Scan the entries for the word "answered" and return every line that has it.

[Collected data entries]
=== Section Start ===

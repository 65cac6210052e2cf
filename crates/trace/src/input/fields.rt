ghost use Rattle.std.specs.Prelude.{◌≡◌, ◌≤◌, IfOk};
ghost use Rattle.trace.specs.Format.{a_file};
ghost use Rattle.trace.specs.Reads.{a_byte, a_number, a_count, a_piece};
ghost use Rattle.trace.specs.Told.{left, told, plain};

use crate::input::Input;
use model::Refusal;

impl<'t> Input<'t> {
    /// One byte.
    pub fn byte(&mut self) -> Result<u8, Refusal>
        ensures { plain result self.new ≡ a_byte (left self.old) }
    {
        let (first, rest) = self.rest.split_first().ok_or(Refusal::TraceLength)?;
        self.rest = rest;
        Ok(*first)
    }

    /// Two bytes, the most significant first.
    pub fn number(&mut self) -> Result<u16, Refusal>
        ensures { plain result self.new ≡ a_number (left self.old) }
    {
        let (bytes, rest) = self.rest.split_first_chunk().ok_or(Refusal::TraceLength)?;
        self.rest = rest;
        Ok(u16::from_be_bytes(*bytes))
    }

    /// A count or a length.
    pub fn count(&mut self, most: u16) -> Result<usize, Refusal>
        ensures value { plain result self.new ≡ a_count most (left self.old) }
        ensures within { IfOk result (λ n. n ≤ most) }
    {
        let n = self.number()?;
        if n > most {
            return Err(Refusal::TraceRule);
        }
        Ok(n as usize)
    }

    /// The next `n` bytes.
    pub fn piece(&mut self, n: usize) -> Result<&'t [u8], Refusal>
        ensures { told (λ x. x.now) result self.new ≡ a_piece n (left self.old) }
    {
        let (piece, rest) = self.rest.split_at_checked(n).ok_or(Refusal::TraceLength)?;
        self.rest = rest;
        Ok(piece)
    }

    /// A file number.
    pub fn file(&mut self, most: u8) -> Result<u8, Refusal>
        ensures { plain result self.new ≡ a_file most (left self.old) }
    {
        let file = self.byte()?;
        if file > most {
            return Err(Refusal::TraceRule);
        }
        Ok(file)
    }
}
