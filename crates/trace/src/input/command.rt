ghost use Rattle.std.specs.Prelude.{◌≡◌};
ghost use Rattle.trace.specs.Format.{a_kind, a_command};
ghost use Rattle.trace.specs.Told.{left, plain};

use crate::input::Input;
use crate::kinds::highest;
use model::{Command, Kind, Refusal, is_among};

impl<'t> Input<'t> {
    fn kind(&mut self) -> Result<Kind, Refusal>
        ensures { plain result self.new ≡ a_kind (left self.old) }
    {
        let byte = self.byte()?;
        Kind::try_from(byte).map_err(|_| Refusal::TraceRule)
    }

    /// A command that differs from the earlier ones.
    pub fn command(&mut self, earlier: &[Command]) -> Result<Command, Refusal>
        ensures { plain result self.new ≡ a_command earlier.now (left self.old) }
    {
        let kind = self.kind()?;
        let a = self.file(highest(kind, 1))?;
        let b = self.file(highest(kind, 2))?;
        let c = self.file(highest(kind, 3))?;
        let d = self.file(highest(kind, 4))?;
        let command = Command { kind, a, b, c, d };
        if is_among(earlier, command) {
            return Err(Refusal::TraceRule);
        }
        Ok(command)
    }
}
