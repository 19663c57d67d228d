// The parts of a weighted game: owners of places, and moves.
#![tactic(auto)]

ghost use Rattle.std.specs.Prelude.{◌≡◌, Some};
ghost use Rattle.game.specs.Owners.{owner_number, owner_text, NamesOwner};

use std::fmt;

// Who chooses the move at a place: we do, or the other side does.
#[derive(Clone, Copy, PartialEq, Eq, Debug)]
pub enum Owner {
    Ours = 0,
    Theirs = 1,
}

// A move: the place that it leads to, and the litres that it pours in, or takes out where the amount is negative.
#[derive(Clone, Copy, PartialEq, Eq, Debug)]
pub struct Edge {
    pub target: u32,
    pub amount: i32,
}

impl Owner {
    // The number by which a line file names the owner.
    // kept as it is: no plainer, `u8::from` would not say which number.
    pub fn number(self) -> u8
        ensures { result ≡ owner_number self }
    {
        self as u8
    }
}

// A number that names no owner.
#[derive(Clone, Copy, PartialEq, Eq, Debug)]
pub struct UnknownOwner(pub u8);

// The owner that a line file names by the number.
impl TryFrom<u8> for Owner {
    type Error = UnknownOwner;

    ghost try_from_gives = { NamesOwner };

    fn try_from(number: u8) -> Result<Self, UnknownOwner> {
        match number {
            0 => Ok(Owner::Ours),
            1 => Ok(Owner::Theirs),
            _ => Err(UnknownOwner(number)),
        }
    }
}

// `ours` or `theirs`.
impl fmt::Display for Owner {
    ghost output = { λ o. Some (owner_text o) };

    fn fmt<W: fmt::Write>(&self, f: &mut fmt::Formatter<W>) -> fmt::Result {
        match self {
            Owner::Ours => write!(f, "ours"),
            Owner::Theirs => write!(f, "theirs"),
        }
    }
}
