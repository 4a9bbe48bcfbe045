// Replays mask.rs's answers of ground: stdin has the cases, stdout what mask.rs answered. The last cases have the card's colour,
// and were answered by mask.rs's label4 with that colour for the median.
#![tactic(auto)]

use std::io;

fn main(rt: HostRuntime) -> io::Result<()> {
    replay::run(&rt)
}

=== Section End ===
=== Section Start ===

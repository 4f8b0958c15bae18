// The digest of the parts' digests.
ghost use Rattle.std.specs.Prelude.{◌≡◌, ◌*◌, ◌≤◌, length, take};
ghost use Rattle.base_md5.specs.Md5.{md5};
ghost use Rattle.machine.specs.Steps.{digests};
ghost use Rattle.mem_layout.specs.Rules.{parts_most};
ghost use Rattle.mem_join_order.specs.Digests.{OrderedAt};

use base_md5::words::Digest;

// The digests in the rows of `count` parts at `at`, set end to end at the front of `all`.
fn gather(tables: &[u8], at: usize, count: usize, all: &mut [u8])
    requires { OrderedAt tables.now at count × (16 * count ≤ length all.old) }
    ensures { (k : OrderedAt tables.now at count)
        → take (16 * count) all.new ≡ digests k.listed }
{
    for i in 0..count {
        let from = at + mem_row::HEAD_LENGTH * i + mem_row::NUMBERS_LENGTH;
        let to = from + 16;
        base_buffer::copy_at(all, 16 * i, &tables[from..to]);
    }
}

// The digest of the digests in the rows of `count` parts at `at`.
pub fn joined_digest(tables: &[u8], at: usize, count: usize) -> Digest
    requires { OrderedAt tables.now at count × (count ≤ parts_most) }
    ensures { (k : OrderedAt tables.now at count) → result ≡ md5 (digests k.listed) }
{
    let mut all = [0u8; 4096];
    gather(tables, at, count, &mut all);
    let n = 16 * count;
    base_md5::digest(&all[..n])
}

=== Section End ===

**RESPONSE FOR THIS EXERCISE**:
// Replays mask.rs's answers of ground: stdin has the cases, stdout what mask.rs answered. The last cases have the card's colour,
// and were answered by mask.rs's label4 with that colour for the median.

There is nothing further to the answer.